* _WHAT YOU HAVE TO DO_: Take each line of the data that contains the string "state" and copy it.

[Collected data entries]
◇ ◇ ◇ ◇ ◇

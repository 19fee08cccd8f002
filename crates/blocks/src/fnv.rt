// The check of a block, FNV-1a.
ghost use Rattle.std.specs.Prelude.{◌≡◌, [], ◌∷◌, ◌*◌, ◌%◌, ◌^◌};
ghost use Rattle.blocks.specs.Fnv.{fnv_fold, fnv1a};

// a * b modulo 2^32.
// Kept: document 01 asks for a helper with this meaning ("The forms we use").
fn wrapping_mul_u32(a: u32, b: u32) -> u32
    ensures { result ≡ a * b % 2 ^ 32 }
{
    a.wrapping_mul(b)
}

// The running check of a block.
#[derive(Clone, Copy)]
pub struct Check {
    pub state: u32,
}

impl Check {
    pub const START: u32 = 2166136261;

    pub const PRIME: u32 = 16777619;

    // Of a block it covers so many bytes.
    pub const COVERED: usize = 508;

    // The check of no byte.
    pub fn fresh() -> Self
        ensures { result.state ≡ fnv1a [] }
    {
        Self { state: Self::START }
    }

    // The check with one byte more.
    pub fn byte(self, b: u8) -> Self
        ensures { result.state ≡ fnv_fold self.state (b ∷ []) }
    {
        Self {
            state: wrapping_mul_u32(self.state ^ u32::from(b), Self::PRIME),
        }
    }

    // The check with the bytes of a part more.
    pub fn part(self, s: &[u8]) -> Self
        ensures { result.state ≡ fnv_fold self.state s.now }
    {
        let mut c = self;
        for b in s {
            c = c.byte(*b);
        }
        c
    }
}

◇ ◇ ◇ ◇ ◇

* _OUTPUT BELOW_:
    pub state: u32,
        ensures { result.state ≡ fnv1a [] }
        Self { state: Self::START }
        ensures { result.state ≡ fnv_fold self.state (b ∷ []) }
            state: wrapping_mul_u32(self.state ^ u32::from(b), Self::PRIME),
        ensures { result.state ≡ fnv_fold self.state s.now }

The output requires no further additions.